Evolution of Two Scandals



* June 17: Five men are arrested in the Watergate complex after burglarizing Democratic National Committee headquarters.

* Nov. 7: Nixon is reelected with more than 60% of the vote.


* April 30: Atty. Gen.-designate Elliot L. Richardson names Archibold Cox as his choice for Watergate special prosecutor.

* April 30: Nixon tells the nation: “I was determined that we should get to the bottom of the matter and that the truth should be fully brought out no matter who was involved.”

* Oct. 20: In the “Saturday night massacre,” Richardson and his deputy, William Ruckelshaus, resign rather than follow Nixon’s wish to fire Cox.

* Nov. 1: Nixon names Leon Jaworski special prosecutor.


* Feb. 6: House votes, 410-4, to give its Judiciary Committee broad power to conduct an impeachment inquiry.
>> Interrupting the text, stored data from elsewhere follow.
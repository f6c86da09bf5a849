// The assigning rule: the places after the entry's, in order and round, are asked one by one.
ghost use Rattle.std.specs.Prelude.{◌≡◌, ◌<◌, IfSome, MatchResult, unwrap_or};
ghost use Rattle.refusal.specs.Said.{absent, said_of};
ghost use Rattle.ports.specs.Ports.{nowhere, entry};
ghost use Rattle.ports.specs.Answers.{port_said};
ghost use Rattle.ports.specs.Assigning.{open_at, assignable, assigned_said};

use crate::Ports;
use crate::active::entry_place;
use crate::place::PLACE_COUNT;
use refusal::Refusal;

// Whether the port at a place is active and has no link.
fn is_open(p: Ports, k: usize) -> bool
    requires { k < nowhere }
    ensures { result ≡ open_at p k }
{
    p.0[k].active && p.0[k].downstream_to.is_none()
}

// The place of the rule, where the entry's is e: the first open one behind it, round.
fn next_assignable_place(p: Ports, e: usize) -> Option<usize>
    requires { (e ≡ entry p) × (e < nowhere) }
    ensures place { unwrap_or result nowhere ≡ assignable p }
    ensures inside { IfSome result (λ k. k < nowhere) }
{
    (1..PLACE_COUNT)
        .map(|i| (e + i) % PLACE_COUNT)
        .find(|k| is_open(p, *k))
}

// The place that this downstream device is linked to. Refuses 14 for device 0, then 9 where no port is active.
#[tactic(auto, unfolding(crate::specs::Assigning::assigned_said))]
pub(crate) fn place_to_link(p: Ports, device: u16) -> Result<Option<usize>, Refusal>
    ensures { MatchResult result (λ r. (assigned_said p device ≡ port_said (unwrap_or r nowhere) absent) × IfSome r (λ k. k < nowhere)) (λ x. said_of x ≡ assigned_said p device) }
{
    if device == 0 {
        return Err(Refusal::BadArgument);
    }
    let e = entry_place(p).ok_or(Refusal::NoPort)?;
    Ok(next_assignable_place(p, e))
}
* Feb. 25: Nixon rejects Watergate grand jury subpoena to testify and tells Judiciary Committee he will comply only selectively with its subpoena of documents.

* March 1: Jaworski delivers his impeachment report to U.S. District Judge John Sirica in a single brown briefcase.

* July 27-30: Judiciary Committee approves three articles of impeachment.

* Aug. 5: Responding to a Supreme Court order, Nixon releases the “smoking gun” tape showing him conspiring in the cover-up just six days after the break-in.

* Aug. 9: Nixon resigns.

* Sept. 8: President Gerald Ford grants Nixon a “full, free and absolute pardon.”



Nov. 15, 1995 to March 20, 1997. President Clinton and Monica S. Lewinsky engage in sexual activity in the White House.


* Nov. 5: Clinton is reelected with 49% of the vote.


* Jan. 16: Atty. Gen. Janet Reno empowers independent counsel Kenneth W. Starr to expand his investigation to include the Lewinsky matter.

* Jan. 26: Clinton says at a press conference: “I did not have sexual relations with that woman, Miss Lewinsky. I never told anybody to lie, not a single time.”

* Aug. 17: Clinton testifies before Starr’s grand jury and then acknowledges publicly that he had an improper relationship with Lewinsky but denies that he committed perjury.

* Sept. 9: Starr delivers to Congress 36 boxes of evidence supporting a report in which the lays out 11 possible grounds for impeachment.

* Oct. 8: House votes, 258-176, to authorize Judiciary Committee to conduct a broad impeachment inquiry.